The SNC-Lavalin scandal is very Canadian. It is an uproar over something that didn’t happen.
The Quebec engineering company was not offered a plea bargain that allowed it to avoid criminal conviction for bribery. Former attorney general Jody Wilson-Raybould was not convinced by the prime minister and his office to proffer such a plea bargain.
Yet this business has consumed journalists, including me, for weeks.
Meanwhile, the real world goes on. In this world, one of the more important political events last week was the reminder that Justin Trudeau’s Liberal government has committed itself to some form of pharmacare.
I say some form because the government’s Advisory Council on the Implementation of National Pharmacare is still coy about what its final recommendations will be.
Theoretically, the council could take the minimalist road and recommend a so-called fill-in-the gaps model that would fall short of what is needed to give all Canadians full access to necessary prescription drugs.
But the council’s interim report released last Wednesday suggests that its final recommendations will be considerably more ambitious.
One of the great failures of Canadian medicare is that it doesn’t cover drug costs incurred outside of hospital. Instead, a hodge-podge of programs, some public some private, has grown up to fill the vacuum.
Most Canadians have some kind of drug coverage. But it varies wildly, depending on age, province of residency and employer.
Some face high out-of-pocket costs in the form of deductibles or co-payments.
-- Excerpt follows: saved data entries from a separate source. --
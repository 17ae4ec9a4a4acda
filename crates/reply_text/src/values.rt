ghost use Rattle.std.specs.Prelude.{◌≡◌, ◌+◌, ◌≤◌, ◌++◌, codes, length};
ghost use Rattle.bmp_specs.specs.NumberText.{number_text};
ghost use Rattle.bmp_specs.specs.RouteLine.{text_or_absent, origin_text, yes_or_no, aggregator_text};
ghost use Rattle.wire_io.specs.Writes.{Writes};

use crate::hop::v4_text;
use ip_prefix::ShortText;
use itoa::Buffer;
use path_attrs::Aggregator;
use wire_io::{Failed, Sink, write_all, write_pieces};

// Appends the digits of a number of four bytes, ten at most.
pub(crate) fn put_u32(text: &mut ShortText, number: u32)
    requires { length text.old + 10 ≤ 64 }
    ensures whole { text.new ≡ text.old ++ number_text number }
    ensures short { length text.new ≤ length text.old + 10 }
{
    text.put_number(number as u64);
}

// Appends the digits of a byte, three at most.
pub(crate) fn put_u8(text: &mut ShortText, number: u8)
    requires { length text.old + 3 ≤ 64 }
    ensures { text.new ≡ text.old ++ number_text number }
{
    text.put_number(number as u64);
}

// Appends the text of ORIGIN (RFC 4271, section 5.1.1).
pub(crate) fn put_origin_word(text: &mut ShortText, origin: Option<u8>)
    requires { length text.old + 10 ≤ 64 }
    ensures { text.new ≡ text.old ++ text_or_absent origin_text origin }
{
    match origin {
        None => text.extend(b"-"),
        Some(0) => text.extend(b"igp"),
        Some(1) => text.extend(b"egp"),
        Some(2) => text.extend(b"incomplete"),
        Some(code) => put_u8(text, code),
    }
}

// Appends the digits of a number that may be absent.
fn put_or_absent(text: &mut ShortText, number: Option<u32>)
    requires { length text.old + 10 ≤ 64 }
    ensures whole { text.new ≡ text.old ++ text_or_absent number_text number }
    ensures short { length text.new ≤ length text.old + 10 }
{
    match number {
        None => text.push(b'-'),
        Some(number) => put_u32(text, number),
    }
}

// The word for a flag.
pub(crate) fn yes_or_no(value: bool) -> &'static [u8]
    ensures { result.now ≡ yes_or_no value }
{
    if value { b"yes" } else { b"no" }
}

// The fields of MULTI_EXIT_DISC, LOCAL_PREF and ATOMIC_AGGREGATE.
pub(crate) fn metrics(med: Option<u32>, pref: Option<u32>, atomic: bool) -> ShortText
    ensures { result ≡ codes " med=" ++ (text_or_absent number_text med ++ (codes " pref=" ++ (text_or_absent number_text pref ++ (codes " atomic=" ++ yes_or_no atomic)))) }
{
    let mut text = ShortText::new();
    text.extend(b" med=");
    put_or_absent(&mut text, med);
    text.extend(b" pref=");
    put_or_absent(&mut text, pref);
    text.extend(b" atomic=");
    text.extend(yes_or_no(atomic));
    text
}

// Writes the field of AGGREGATOR (RFC 4271, section 5.1.7).
pub(crate) fn put_aggregator<O: Sink>(
    out: &mut O,
    aggregator: &Option<Aggregator>,
) -> Result<(), Failed>
    ensures { Writes O.faults O.told O.aside out.old (codes " agg=" ++ text_or_absent aggregator_text aggregator.now) result out.new }
{
    match aggregator {
        None => write_all(out, b" agg=-"),
        Some(aggregator) => {
            let mut buffer = Buffer::new();
            let asn = buffer.format(aggregator.asn).as_bytes();
            let identifier = v4_text(&aggregator.identifier);
            write_pieces(out, &[b" agg=", asn, b":", identifier.as_slice()])
        }
    }
}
Others do not.
About 20 per cent of Canadians have no real drug coverage at all. Yet Canadians pay among the highest prices in the world for pharmaceuticals and spend more on drugs than citizens of almost every other country in the world.
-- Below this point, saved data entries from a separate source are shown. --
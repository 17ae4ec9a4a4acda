ghost use Rattle.std.specs.Prelude.{◌≡◌, ◌≤◌, [], ◌∷◌, false, length, map};
ghost use Rattle.ask_specs.specs.FullLine.{large_item_text};
ghost use Rattle.ask_specs.specs.Items.{items};
ghost use Rattle.reply_text.specs.Own.{item_size, item_text};
ghost use Rattle.reply_text.specs.Pieces.{more_texts};
ghost use Rattle.wire_io.specs.Writes.{Writes};

use crate::extended::put_extended;
use crate::hop::v4_text;
use crate::lists::comma;
use crate::values::put_u32;
use byteorder::{BigEndian, ByteOrder};
use ip_prefix::ShortText;
use wire_io::{Failed, Sink, write_all};

// What the value of an attribute is made of: IPv4 addresses, extended communities (RFC 4360) or large communities (RFC
// 8092).
#[derive(Clone, Copy)]
pub(crate) enum Item {
    Address,
    ExtendedItem,
    LargeItem,
}

// How many octets an item has.
fn size_of(item: Item) -> usize
    ensures is { result ≡ item_size item }
    ensures some { 1 ≤ result }
{
    match item {
        Item::Address => 4,
        Item::ExtendedItem => 8,
        Item::LargeItem => 12,
    }
}

// The text of a large community (RFC 8092, section 4).
fn large_text(octets: &[u8]) -> ShortText
    requires { length octets.now ≡ 12 }
    ensures { result ≡ large_item_text octets.now }
{
    let (_, second) = octets.split_at(4);
    let (_, third) = octets.split_at(8);
    let mut text = ShortText::new();
    put_u32(&mut text, BigEndian::read_u32(octets));
    text.push(b':');
    put_u32(&mut text, BigEndian::read_u32(second));
    text.push(b':');
    put_u32(&mut text, BigEndian::read_u32(third));
    text
}

// Writes an item.
fn put_item<O: Sink>(out: &mut O, item: Item, octets: &[u8]) -> Result<(), Failed>
    requires { length octets.now ≡ item_size item }
    ensures { Writes O.faults O.told O.aside out.old (item_text item octets.now) result out.new }
{
    match item {
        Item::Address => write_all(out, v4_text(octets).as_slice()),
        Item::ExtendedItem => put_extended(out, octets),
        Item::LargeItem => write_all(out, large_text(octets).as_slice()),
    }
}

// Writes an item, after a comma where another stands before it.
fn put_next_item<O: Sink>(out: &mut O, some: bool, item: Item, octets: &[u8]) -> Result<(), Failed>
    requires { length octets.now ≡ item_size item }
    ensures { Writes O.faults O.told O.aside out.old (more_texts some (item_text item octets.now ∷ [])) result out.new }
{
    write_all(out, comma(some))?;
    put_item(out, item, octets)
}

// Writes the items with commas between them.
pub(crate) fn put_items<O: Sink>(out: &mut O, item: Item, value: &[u8]) -> Result<(), Failed>
    ensures { Writes O.faults O.told O.aside out.old (more_texts false (map (item_text item) (items (item_size item) value.now))) result out.new }
{
    let size = size_of(item);
    let mut some = false;
    let mut rest = value;
    while size <= rest.len() {
        let (octets, after) = rest.split_at(size);
        put_next_item(out, some, item, octets)?;
        some = true;
        rest = after;
    }
    Ok(())
}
The advisory council report notes that Canadians spent $34 billion on pharmaceuticals last year and the cost continues to rise exponentially.
A universal pharmacare program, such as that enjoyed by every other major industrial country that offers universal health care, would go a long way toward solving this cost problem. That’s the conclusion of health economists who have studied the issue.
It’s also the conclusion of the Commons Health Committee, the New Democrats (who ran in the last election on universal pharmacare), and from time to time the Liberals.
But universal pharmacare, while it would cost Canadians less in total, would cost Canadian governments more – which is why finance ministers such as Bill Morneau are wary of it.
Morneau’s preference, which he outlined in an impolitic burst of honesty last year, is a more modest pharmacare system aimed strictly at those with no other form of drug coverage – a fill-in-the-gaps program.
The problem with this is that it would tack on another dissonant part to the Rube Goldberg contraption that is the Canadian drug system, without addressing costs in any meaningful way.
The advisory council says it has not decided whether to recommend a universal medicare-style drug regime where all Canadians would be covered. That is to be announced in its final report, due by mid-June.
But there are encouraging signs. One is that the council is headed by former Ontario health minister Eric Hoskins, an advocate of universal pharmacare.
The second is that in its interim report the council calls for the formation of an arms-length national drug agency to oversee whatever system the government decides on.
This agency would use its buying power to negotiate drug prices with the big pharmaceutical companies (thus saving Canadians money). It would also develop a formulary of drugs to be publicly covered.
Theoretically such a federal-provincial-territorial-Indigenous agency could co-exist with a fill-in-the-gaps system. But it makes more sense to go to all of this bother only for something more comprehensive, such as universal pharmacare.
Of course, none of this guarantees action. The Liberal government may ignore any recommendations from the advisory council. It’s done that before. Or it may say it is adopting the council’s recommendations, yet do nothing. That has also happened before.
In that sense, all of this too is very Canadian. But it is arguably more important than parsing who said what to Jody Wilson-Raybould.
Thomas Walkom is a Toronto-based columnist covering politics.